It will be interesting to hear what Allen Edmonds will say about these. If these are swapped out, I'll be even more curious as to how the new replacement pair will fit my foot. Stay tuned.:smile:


----------



## mrp (Mar 1, 2011)

ColdIron said:


> Bandit44 did a great job explaining it. In fact I believe ours were likely manufactured at the same time, the pairs that bow that is. We both received them at pretty much the same time and the leather on mine looked very much like his. As another example here is a pair of PA which bow that I lifted from another site-
> 
> 
> 
> ...


I do understand your pain.
In regards to the 2 pictures.
I have some issues with the first picture, why are the laces so loose? Yes there is a good deal of bowing, on the other hand the shoes look as if they could be pulled together to eliminate the issue to some degree.
The second picture looks to be fine, I'm guessing these are a pair of your shoes?


----------



## mrp (Mar 1, 2011)

Bandit44 said:


> @MRP, I don't remember thinking that the instep was too loose when wearing, but you could be right. The shoes are in route to Wisconsin, so I cannot try them on to verify this. On the other hand, since the heels were loose from the bulging, I suppose that this too could cause the vamp to break incorrectly. I don't know enough about shoes to say either definitively.
> 
> It will be interesting to hear what Allen Edmonds will say about these. If these are swapped out, I'll be even more curious as to how the new replacement pair will fit my foot. Stay tuned.:smile:


Bandit, yours definitely had some more issues than just the bowing at the sides, if the heel was coming off this could also lead to a flex issue as the areas of interest are aligned to some degree. BTW I was once a 12B fortunately 30 years later I'm a 12C, Shoes can really be tough to buy for some of us.

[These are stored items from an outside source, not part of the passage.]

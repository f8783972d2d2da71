// Frames of pieces that are written in the canonical mux.
ghost use Rattle.std.specs.Prelude.{◌≡◌, ◌≢◌, ℕ, [], ◌∷◌, Err};
ghost use Rattle.std.specs.Option.{option_copied};
ghost use Rattle.layout.specs.Layout.{FitsOption};
ghost use Rattle.asc.specs.Asc.{IsWellFormed};
ghost use Rattle.commands.specs.OneFrame.{CausedBy};
ghost use Rattle.joining.specs.Splicing.{handed_with, HandsOver, IsUnwritten};

use asc::Asc;
use commands::{FrameEnd, give_all};
use latm::{WriteFault, canonical};
use outside::Sink;
use splicer::Turn;
use std::alloc::Global;
use tool_text::{Reason, at_frame};

/// How the command ends where the element of the frame with that number was not made.
fn unwritten(number: u64, fault: WriteFault) -> FrameEnd
    ensures { IsUnwritten number fault result }
{
    match fault {
        WriteFault::TooLong => FrameEnd::Refused(at_frame(number, Reason::TooLong)),
        WriteFault::Memory(error) => FrameEnd::Memory(error),
    }
}

/// Writes an access unit of the frame with that number, with an AudioSpecificConfig where one is given.
fn hand_on<K: Sink>(
    alloc: Global,
    number: u64,
    asc: Option<&Asc>,
    au: &[u8],
    out: &mut K,
) -> Result<(), FrameEnd>
    requires { FitsOption IsWellFormed (option_copied asc) }
    ensures hands { HandsOver number (record { asc = option_copied asc.entry; au = au.now } ∷ []) (K.written out.old) (K.written out.new) result }
    ensures caused { (core : ℕ) → CausedBy (K.faults out.old) (K.faults out.new) core core result }
    ensures calm_out { K.calm out.old → K.calm out.new }
    ensures calm_writes { K.calm out.old → result ≢ Err FrameEnd.WriteFault }
{
    let frame = match canonical(alloc, asc, au) {
        Ok(frame) => frame,
        Err(fault) => return Err(unwritten(number, fault)),
    };
    give_all(out, frame.as_slice())?;
    Ok(())
}

/// Writes the access unit of the frame with that number and that turn, where the frame is one of the piece. The AudioSpecificConfig is
/// written where the piece begins.
///
/// Errors: `Refused` exactly where its element would have more than 8191 bytes, with nothing written; `WriteFault`, or `Memory`, behind a
/// front of its bytes.
pub fn hand_over<K: Sink>(
    alloc: Global,
    turn: Turn,
    number: u64,
    asc: &Asc,
    au: &[u8],
    out: &mut K,
) -> Result<(), FrameEnd>
    requires { IsWellFormed asc.now }
    ensures hands { HandsOver number (handed_with turn asc.now au.now) (K.written out.old) (K.written out.new) result }
    ensures caused { (core : ℕ) → CausedBy (K.faults out.old) (K.faults out.new) core core result }
    ensures calm_out { K.calm out.old → K.calm out.new }
    ensures calm_writes { K.calm out.old → result ≢ Err FrameEnd.WriteFault }
{
    match turn {
        Turn::Start { .. } | Turn::Join { .. } => hand_on(alloc, number, Some(asc), au, out),
        Turn::Play => hand_on(alloc, number, None, au, out),
        Turn::Skip | Turn::After => Ok(()),
    }
}
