// Rows of a frame's greys, filled.
ghost use Rattle.std.specs.Prelude.{◌≡◌, ◌+◌, ◌≤◌, length, replicate, Some};
ghost use Rattle.std.proofs.lemmas.List.Edits.{sets};
ghost use Rattle.geometry.specs.Layer.{paint, filled};
ghost use Rattle.geometry.specs.Canvas.{InFrame, on_frame};

use crate::FrameArea;

// Fills a row of pixels. Rows of 100 take a third longer by the `fill` of a slice, which writes the last pixel apart.
fn fill_row(row: &mut [u8], grey: u8)
    ensures { row.new ≡ replicate (length row.old) grey }
{
    for pixel in row.iter_mut() {
        *pixel = grey;
    }
}

// Copies bytes over as many. Byte by byte: the slice's own method calls memmove, and the library takes memset alone from its host.
// By an index: with `to.iter_mut().zip(from)` the proof stops, since nothing ties what `to` holds at the end to what the pairs were given.
pub fn copy_bytes(to: &mut [u8], from: &[u8])
    requires { length to.old ≡ length from.now }
    ensures { to.new ≡ from.now }
{
    for i in 0..to.len() {
        to[i] = from[i];
    }
}

// Stores bytes from an offset on.
pub fn store_bytes(to: &mut [u8], at: usize, bytes: &[u8])
    requires { at + length bytes.now ≤ length to.old }
    ensures { to.new ≡ sets to.old at bytes.now }
{
    copy_bytes(&mut to[at..at + bytes.len()], bytes);
}

// Fills a rectangle of a frame fw wide: rows as wide as the frame are filled as one.
// A row is a part that starts mid-frame, as docs/DECISIONS.md, Forms that were asked for, names it.
pub fn fill_area(greys: &mut [u8], fw: usize, area: FrameArea, grey: u8)
    requires { InFrame fw (length greys.old) area }
    ensures { greys.new ≡ paint fw (filled (on_frame area) (Some grey)) greys.old }
{
    if area.width == fw {
        let a = area.top * fw;
        let b = a + area.height * fw;
        fill_row(&mut greys[a..b], grey);
        return;
    }
    for k in 0..area.height {
        let left = (area.top + k) * fw + area.left;
        let right = left + area.width;
        fill_row(&mut greys[left..right], grey);
    }
}
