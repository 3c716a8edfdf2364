// Points, rectangles, and the frame as a draw target that is filled.
// Coordinates are counted from a point 2^21 columns left of and 2^21 rows above the frame's corner, so that each is a natural
// number.
#![tactic(auto)]

ghost use Rattle.std.specs.Prelude.{◌≡◌, ◌+◌, ◌-◌, min, max};
ghost use Rattle.geometry.specs.Rectangle.{is_empty, envelope, join, intersection};
ghost use Rattle.geometry.specs.Canvas.{EndsFit, StartsOnFrame, from_corner};

pub use canvas::Frame;
pub use filling::{copy_bytes, store_bytes};

mod canvas;
mod filling;

// The column and the row of the frame's corner.
pub const ORIGIN: u32 = 2097152;

// A point: embedded-graphics' `Point`.
#[derive(Clone, Copy, PartialEq, Eq, Debug)]
pub struct Point {
    pub x: u32,
    pub y: u32,
}

// The extent of a rectangle: embedded-graphics' `Size`.
#[derive(Clone, Copy, PartialEq, Eq, Debug)]
pub struct Size {
    pub width: u32,
    pub height: u32,
}

// A rectangle by its corner and its extent, as docs/SHEET.md names them (Geometry).
#[derive(Clone, Copy, PartialEq, Eq, Debug)]
pub struct Rectangle {
    pub left: u32,
    pub top: u32,
    pub width: u32,
    pub height: u32,
}

// The frame as a draw target: its sides, and the area in which its pixels may change. embedded-graphics' `DrawTarget`, clipped.
#[derive(Clone, Copy, PartialEq, Eq, Debug)]
pub struct DrawTarget {
    pub width: usize,
    pub height: usize,
    pub clip_area: Rectangle,
}

// A rectangle of the frame, its column and row counted from the frame's corner.
// Not `Rectangle` over another number: columns of the frame are not to be taken for coordinates.
#[derive(Clone, Copy, PartialEq, Eq, Debug)]
pub struct FrameArea {
    pub left: usize,
    pub top: usize,
    pub width: usize,
    pub height: usize,
}

impl Rectangle {
    // Whether the rectangle covers no pixel.
    #[tactic(auto, unfolding(crate::specs::Rectangle::is_empty))]
    pub fn is_empty(self) -> bool
        ensures { result ≡ is_empty self }
    {
        self.width == 0 || self.height == 0
    }

    // `EndsFit` stays a clause: the four numbers are public, and a rectangle that fails it is as good elsewhere.

    // The smallest rectangle that holds both.
    pub fn envelope(self, other: Rectangle) -> Rectangle
        requires ends_fit { EndsFit self }
        requires ends_fit_2 { EndsFit other }
        ensures { result ≡ envelope self other }
    {
        let left = self.left.min(other.left);
        let top = self.top.min(other.top);
        let right = (self.left + self.width).max(other.left + other.width);
        let foot = (self.top + self.height).max(other.top + other.height);
        Rectangle {
            left,
            top,
            width: right - left,
            height: foot - top,
        }
    }

    // The smallest rectangle that holds those of the two that are not empty.
    pub fn join(self, other: Rectangle) -> Rectangle
        requires ends_fit { EndsFit self }
        requires ends_fit_2 { EndsFit other }
        ensures { result ≡ join self other }
    {
        if other.is_empty() {
            return self;
        }
        if self.is_empty() {
            return other;
        }
        self.envelope(other)
    }

    // What the two rectangles share.
    pub fn intersection(self, other: Rectangle) -> Rectangle
        ensures { result ≡ intersection self other }
    {
        let left = self.left.max(other.left);
        let top = self.top.max(other.top);
        let width = shared(self.left, self.width, other.left, other.width);
        let height = shared(self.top, self.height, other.top, other.height);
        Rectangle {
            left,
            top,
            width,
            height,
        }
    }

    // The rectangle with its column and row counted from the frame's corner.
    pub fn on_frame(self) -> FrameArea
        requires { StartsOnFrame self }
        ensures { result ≡ from_corner self }
    {
        FrameArea {
            left: (self.left - ORIGIN) as usize,
            top: (self.top - ORIGIN) as usize,
            width: self.width as usize,
            height: self.height as usize,
        }
    }
}

// How many of the n numbers from a on are among the m from b on.
fn shared(a: u32, n: u32, b: u32, m: u32) -> u32
    ensures { result ≡ min (a + n) (b + m) - max a b }
{
    let from = a.max(b);
    let first = n.saturating_sub(from - a);
    let second = m.saturating_sub(from - b);
    first.min(second)
}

@Coldiron, by chance was your heel coming loose? As mentioned to Bandit this is another issue that would lead to the bowing (not previously mentioned - or I could have missed it). The mechanics are if the shoe flexes up at the front of the heel the material on the side will bow out. Without the entire heel anchored the sole of the shoe becomes more flexible, especially on shoe without a steel shank.


----------



## M Go Crimson (Aug 20, 2011)

AllenEdmondsCEO said:


> 2) too much time in the box on a shelf or, after purchase, in the closet without shoe trees in the shoes. As you probably know, we put a "heel counter" between the lining and the external calfskin of our dress shoes to protect the shape of the heel. We also put what's called a box-toe in front to keep the toe firm and to hold the shape.


Well, time to pull the Park Avenues and McAllisters out for a spin. They've both been on trees, untouched, for nearly a month(March has been filled with loafers so far).


----------



## andy b. (Mar 18, 2010)

poorboy said:


> Follow the broguing on the wing of the black shoe and compare it to the merlot and walnut shoe. The toebox is smaller because the shoe was pulled down too far. When I shove a shoe shaper in it, it causes a pimple in the top of the vamp where the tongue is sewn to the vamp.
> 
> Allen Edmonds is sewn into the left shoe versus the right shoe.


I can somewhat see what you mean on the McAllisters, but I probably would have just taken it as being part of a mostly handmade shoe.

As for the AE logo, I never even realized the logo is always inside the right shoe. I would have to think that the only way to end up with the logo inside of the left shoe would be for the shoe lining to be for a right shoe. Yes, that would concern me. And as I said, I never would have even noticed that if you hadn't pointed it out. Yes, I did go look at all of my AE shoes and the logo is in the right shoe on every pair.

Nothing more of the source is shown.